I sat. “I was waiting for Don.”
“I know,” he said. “Your brother asked me to talk some sense into you.”
“How thoughtful of him.”
McGrath smiled sadly. “Oh, my young friend, I am so sorry about the way things turned out. I had such high hopes for you.”
McGrath had been on the force for more than twenty years, possessed a photographic memory, and had introduced modern scientific investigation methods, including a department identification bureau. He had always played straight with me—until the Judd case.
“I’m doing okay,” I said.
“That’s what I hear. But I want you to know that I really fought for you. I tried. Wanted to make you take two weeks’ vacation during the trial. Get you out of the line of fire when the testimony started. But the higher-ups were afraid Ruth’s lawyers might call you, or the Hearst press in L.A. might have gotten to you. The layoff was forced on me.”
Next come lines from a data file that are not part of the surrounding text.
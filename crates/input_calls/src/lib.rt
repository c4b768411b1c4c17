// The calls of the walk program's input: each is read and made.
#![tactic(auto)]

ghost use Rattle.std.specs.Prelude.{◌≡◌, ◌*◌, ◌≤◌, length, take, replicate, IfOk};
ghost use Rattle.state_spec.specs.Fetching.{rounds_of};
ghost use Rattle.state_spec.specs.Fit.{largest_size};
ghost use Rattle.walk_spec.specs.Lines.{most_leaves};
ghost use Rattle.walk_spec.specs.Input.{record_length, longest_record};
ghost use Rattle.walk_spec.specs.Walk.{call_in};
ghost use Rattle.call_spec.specs.Store.{call_ended_as};

use call_draws::{MOST_DRAWS, draws_of, rounds_of};
use call_spec::Called;
use state_spec::State;
use tickets::TICKET_LENGTH;
use walk_input::{LONGEST_RECORD, read_part, read_tape, record_length};
use walk_spec::Stop;

// Reads the bytes of a call to the start of `input`; how they came.
pub fn read_record(structure: u8, size: u8, input: &mut [u8]) -> Result<(), Stop>
    requires { ((1 ≤ size) × (size ≤ largest_size)) × (longest_record ≤ length input.old) }
    ensures { record_length structure size ≤ length input.new }
{
    read_part(&mut input[..record_length(structure, size)])
}

// Makes the call that stands first in `input`, on a store of a size that stores have, with the first 2F numbers of a fresh trace buffer.
pub fn call_in(state: State, tree: &mut [u8], input: &[u8], trace: &mut [u16]) -> Called
    requires { ((1 ≤ state.size) × (state.size ≤ largest_size)) × (record_length state.structure state.size ≤ length input.now) × (trace.old ≡ replicate most_leaves 0) }
    ensures { call_ended_as result tree.new (take (2 * rounds_of state.structure state.size) trace.new) ≡ call_in state tree.old input.now }
{
    let leaves = 2 * rounds_of(state.structure, state.size);
    let draws = draws_of(state.structure, state.size);
    let mut tape = [0u16; MOST_DRAWS];
    read_tape(input, &mut tape[..draws]);
    call::call(
        state,
        tree,
        &input[..TICKET_LENGTH],
        &tape[..draws],
        &mut trace[..leaves],
    )
}

// Reads the next call and makes it. The leaves that it revealed are the first of the trace buffer.
pub fn next_call(state: State, tree: &mut [u8], trace: &mut [u16]) -> Result<Called, Stop>
    requires { ((1 ≤ state.size) × (state.size ≤ largest_size)) × (trace.old ≡ replicate most_leaves 0) }
    ensures { IfOk result (λ made. (made.state.size ≡ state.size) × (made.leaves ≤ length trace.new)) }
{
    let mut input = [0u8; LONGEST_RECORD];
    read_record(state.structure, state.size, &mut input)?;
    Ok(call_in(state, tree, &input, trace))
}
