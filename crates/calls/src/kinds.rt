// One program for two workers at different lower limits, over a word store and over an interleaved pair of parity stores.
use super::bench::{ADDING, executive, interrupted, over, spent, terms, told};
use engine::{Installation, State};
use pairs::{Pair, Rule};
use processor::RelativeAddress;
use std::alloc::Global;
use std::process::Abort;
use std::test::Fail;
use store::{CellAddress, Store};
use stores::ParityStore;
use words::word_bits;

// A good half of 0.
const Z: u16 = 0x8000;

// The halves of the program's words with what makes the number of ones odd, and those of the word 8.
const W0: [u16; 2] = [0x8000 + 0o11000, 0x8005];

const W1: [u16; 2] = [0o20000, 0x8003];

const W2: [u16; 2] = [0o15030, 7];

const W3: [u16; 2] = [0o77540, 0x8000 + 0o12];

const EIGHT: [u16; 2] = [Z, 8];

// The interleaved pair of two parity stores with these memories.
fn pair(heap: Global, even: &[u16], odd: &[u16]) -> Result<Pair<ParityStore, ParityStore>, Fail> {
    Ok(Pair {
        rule: Rule::Interleaved,
        first: ParityStore::new(even.iter().copied().collect(heap)?),
        second: ParityStore::new(odd.iter().copied().collect(heap)?),
    })
}

// Two workers are made and given the program, and run in turn.
fn two_workers<S: Store>(rt: &impl Abort, on: &mut Installation<S>) -> Result<(), Fail> {
    assert_eq!(rt; on.admit(0, CellAddress(3), terms(8, 0)), Ok(()));
    assert_eq!(rt; on.admit(7, CellAddress(14), terms(8, 0)), Ok(()));
    for place in [0, 7] {
        for (address, word) in ADDING.into_iter().enumerate() {
            let address = RelativeAddress(address as u32);
            assert_eq!(rt; on.load(place, address, word), Ok(()));
            assert_eq!(rt; on.look(place, address), Ok(word_bits(word)));
        }
    }
    for (steps, a, p) in [(2, 8, 2), (1, 8, 3)] {
        for place in [7, 0] {
            assert_eq!(rt; on.run(place, steps), Ok(spent(steps)), "at {place}");
            assert_eq!(rt;
                on.tell(place),
                Ok(told(State::Ready, a, 0, p)),
                "at {place}"
            );
        }
    }
    for place in [0, 7] {
        assert_eq!(rt;
            on.run(place, 10),
            Ok(interrupted(1, executive(10))),
            "at {place}"
        );
        assert_eq!(rt;
            on.tell(place),
            Ok(told(State::Held(executive(10)), 8, 0, 4)),
            "at {place}"
        );
        assert_eq!(rt;
            on.look(place, RelativeAddress(7)),
            Ok(word_bits(8)),
            "at {place}"
        );
    }
    Ok(())
}

// Even cells are the first store's and odd ones the second's: the cell 3 is number 1 of the second store, and 14 number 7 of the first.
#[test]
fn two_workers_over_a_pair(rt: HostRuntime) -> Result<(), Fail> {
    let store = pair(rt.alloc(), &[Z; 24], &[Z; 24])?;
    let mut installation = Installation::new(store);
    two_workers(&rt, &mut installation)?;
    let Pair { first, second, .. } = installation.into_store();
    let mut even = [Z; 24];
    even[4..6].copy_from_slice(&W1);
    even[6..8].copy_from_slice(&W3);
    even[10..12].copy_from_slice(&EIGHT);
    even[14..16].copy_from_slice(&W0);
    even[16..18].copy_from_slice(&W2);
    assert_eq!(rt; first.into_memory().as_slice(), even.as_slice());
    let mut odd = [Z; 24];
    odd[2..4].copy_from_slice(&W0);
    odd[4..6].copy_from_slice(&W2);
    odd[14..16].copy_from_slice(&W1);
    odd[16..18].copy_from_slice(&W3);
    odd[20..22].copy_from_slice(&EIGHT);
    assert_eq!(rt; second.into_memory().as_slice(), odd.as_slice());
    Ok(())
}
“It’s okay, Captain. I’m a happy ending kind of guy. The bigs got their conviction, even though the evidence showed she acted in self-defense, and there was no way she could have cut up those bodies and stuffed them in trunks by herself. I’m not sure Judd’s lawyers were even smart enough to call me. And I got to start a new business in the worst economy in American history.” I smiled.